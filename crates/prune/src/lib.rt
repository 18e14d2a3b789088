//! Pruning: the files of a repository that given packages need are written below `out` (Turborepo
//! docs, "prune").
//!
//! Let `web` depend on `ui`, and no package on `docs`. For the name `web` [`prune`] prints two
//! lines, and writes the files of `ui` and `web` and some of the root; for containers it writes
//! them below `out/full`, and below `out/json` those that an installation needs:
//!
//! ```text
//!  - Added ui
//!  - Added web
//!
//! out/package.json               out/full/package.json               out/json/package.json
//! out/packages/ui/package.json   out/full/packages/ui/package.json   (so below out/json too)
//! out/packages/ui/src/a.js       out/full/packages/ui/src/a.js       (none below out/json)
//! ```
//!
//! Files are written in the order of their paths, those of `out/full` before those of `out/json`,
//! and the lines are put after the last. Nothing outside `out` changes, whatever comes.
//!
//! Nothing is written where a name is that of no package (`NoPackage`), a walked file stands
//! below `out` already (`OutTaken`), or the lockfile lacks a name (`Missing`), in this order.
//! `TooLarge` comes for a file of more than 256 MiB; those in front of it were written.
//! `TreeFailed` and `SinkFailed` come where the tree or the output failed, and `OutOfMemory` at
//! any time.
//!
//! `specs/` says what stands where afterwards (`Folders`, `Answers`), why nothing is written, and
//! what is printed.
#![tactic(auto)]

mod copying;
mod error;
mod lines;
mod out_folder;
mod planning;
mod pruning;
mod writing;

pub use error::PruneErr;
pub use pruning::prune;
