//! The mode whose word begins bits (ITU-T T.4, table 4/T.4).
ghost use Rattle.std.specs.Prelude.{List, Bool, length, ◌≡◌, ◌++◌, IfOk, IfErr, IfSome, IsNone};
ghost use Rattle.fax_bits.specs.Reading.{Passes};
ghost use Rattle.fax_bits.specs.Bits.{word_bits};
ghost use Rattle.fax_mhcode.specs.declared.fault.LineFault.{LineFault};
ghost use Rattle.fax_mrcode.specs.declared.mode.Mode.{Mode};
ghost use Rattle.fax_mrcode.specs.Modes.{mode_word};

use super::verticals::vertical_word;
use crate::Mode;
use fax_bits::BitReader;
use fax_mhcode::LineFault;

/// How many bits the word of pass mode has.
pub(super) const PASS_BITS: u32 = 4;

/// How many bits the word of horizontal mode has.
pub(super) const HORIZONTAL_BITS: u32 = 3;

/// A mode and how many bits its word has.
#[derive(Clone, Copy)]
struct ModeWord {
    mode: Mode,
    bits: u32,
}

/// Passes the mode word that begins what is left. An `Err` leaves the reader where it stood.
#[inline]
pub(super) fn read_mode(reader: &mut BitReader) -> Result<Mode, LineFault>
    ensures ok { IfOk result (λ mode. Passes reader.old reader.new (mode_word mode)) }
    ensures fault { IfErr result (λ fault. (fault ≡ LineFault.NoMode)
        × ((mode : Mode) (rest : List Bool) → reader.old.left ≡ mode_word mode ++ rest → ⊥)) }
{
    let Some(word) = word_of(reader.window() << 8) else {
        return Err(LineFault::NoMode);
    };
    if !reader.has(word.bits) {
        return Err(LineFault::NoMode);
    }
    reader.skip(word.bits);
    Ok(word.mode)
}

/// The mode word that begins 64 bits, which are those of a number, the most significant first.
#[inline]
fn word_of(window: u64) -> Option<ModeWord>
    ensures size { IfSome result (λ word. length (mode_word word.mode) ≡ word.bits) }
    ensures begins { IfSome result
        (λ word. (rest : List Bool) × (word_bits 64 window ≡ mode_word word.mode ++ rest)) }
    ensures none { IsNone result
        → (mode : Mode) (rest : List Bool) → word_bits 64 window ≡ mode_word mode ++ rest → ⊥ }
{
    let vertical = vertical_word(window);
    if vertical.bits > 0 {
        return Some(ModeWord {
            mode: Mode::Vertical(vertical.offset),
            bits: u32::from(vertical.bits),
        });
    }
    match window >> 60 {
        0b0001 => Some(ModeWord {
            mode: Mode::Pass,
            bits: PASS_BITS,
        }),
        0b0010 | 0b0011 => Some(ModeWord {
            mode: Mode::Horizontal,
            bits: HORIZONTAL_BITS,
        }),
        _ => None,
    }
}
··········
▸ **Your objective**:
Output all of the records, keeping every word exact.

▸ **Your response**:
filename crates/prune/src/lib.rt
repository 18e14d2a3b789088
//! Pruning: the files of a repository that given packages need are written below `out` (Turborepo
//! docs, "prune").
//!
//! Let `web` depend on `ui`, and no package on `docs`. For the name `web` [`prune`] prints two
//! lines, and writes the files of `ui` and `web` and some of the root; for containers it writes
//! them below `out/full`, and below `out/json` those that an installation needs:
//!
//! ```text
//!  - Added ui
//!  - Added web
//!
//! out/package.json               out/full/package.json               out/json/package.json
//! out/packages/ui/package.json   out/full/packages/ui/package.json   (so below out/json too)
//! out/packages/ui/src/a.js       out/full/packages/ui/src/a.js       (none below out/json)
//! ```
//!
//! Files are written in the order of their paths, those of `out/full` before those of `out/json`,
//! and the lines are put after the last. Nothing outside `out` changes, whatever comes.
//!
//! Nothing is written where a name is that of no package (`NoPackage`), a walked file stands
//! below `out` already (`OutTaken`), or the lockfile lacks a name (`Missing`), in this order.
//! `TooLarge` comes for a file of more than 256 MiB; those in front of it were written.
//! `TreeFailed` and `SinkFailed` come where the tree or the output failed, and `OutOfMemory` at
//! any time.
//!
//! `specs/` says what stands where afterwards (`Folders`, `Answers`), why nothing is written, and
//! what is printed.
#![tactic(auto)]

mod copying;
mod error;
mod lines;
mod out_folder;
mod planning;
mod pruning;
mod writing;

pub use error::PruneErr;
pub use pruning::prune;
//! The mode whose word begins bits (ITU-T T.4, table 4/T.4).
ghost use Rattle.std.specs.Prelude.{List, Bool, length, ◌≡◌, ◌++◌, IfOk, IfErr, IfSome, IsNone};
ghost use Rattle.fax_bits.specs.Reading.{Passes};
ghost use Rattle.fax_bits.specs.Bits.{word_bits};
ghost use Rattle.fax_mhcode.specs.declared.fault.LineFault.{LineFault};
ghost use Rattle.fax_mrcode.specs.declared.mode.Mode.{Mode};
ghost use Rattle.fax_mrcode.specs.Modes.{mode_word};

use super::verticals::vertical_word;
use crate::Mode;
use fax_bits::BitReader;
use fax_mhcode::LineFault;

/// How many bits the word of pass mode has.
pub(super) const PASS_BITS: u32 = 4;

/// How many bits the word of horizontal mode has.
pub(super) const HORIZONTAL_BITS: u32 = 3;

/// A mode and how many bits its word has.
#[derive(Clone, Copy)]
struct ModeWord {
    mode: Mode,
    bits: u32,
}

/// Passes the mode word that begins what is left. An `Err` leaves the reader where it stood.
#[inline]
pub(super) fn read_mode(reader: &mut BitReader) -> Result<Mode, LineFault>
    ensures ok { IfOk result (λ mode. Passes reader.old reader.new (mode_word mode)) }
    ensures fault { IfErr result (λ fault. (fault ≡ LineFault.NoMode)
        × ((mode : Mode) (rest : List Bool) → reader.old.left ≡ mode_word mode ++ rest → ⊥)) }
{
    let Some(word) = word_of(reader.window() << 8) else {
        return Err(LineFault::NoMode);
    };
    if !reader.has(word.bits) {
        return Err(LineFault::NoMode);
    }
    reader.skip(word.bits);
    Ok(word.mode)
}

/// The mode word that begins 64 bits, which are those of a number, the most significant first.
#[inline]
fn word_of(window: u64) -> Option<ModeWord>
    ensures size { IfSome result (λ word. length (mode_word word.mode) ≡ word.bits) }
    ensures begins { IfSome result
        (λ word. (rest : List Bool) × (word_bits 64 window ≡ mode_word word.mode ++ rest)) }
    ensures none { IsNone result
        → (mode : Mode) (rest : List Bool) → word_bits 64 window ≡ mode_word mode ++ rest → ⊥ }
{
    let vertical = vertical_word(window);
    if vertical.bits > 0 {
        return Some(ModeWord {
            mode: Mode::Vertical(vertical.offset),
            bits: u32::from(vertical.bits),
        });
    }
    match window >> 60 {
        0b0001 => Some(ModeWord {
            mode: Mode::Pass,
            bits: PASS_BITS,
        }),
        0b0010 | 0b0011 => Some(ModeWord {
            mode: Mode::Horizontal,
            bits: HORIZONTAL_BITS,
        }),
        _ => None,
    }
}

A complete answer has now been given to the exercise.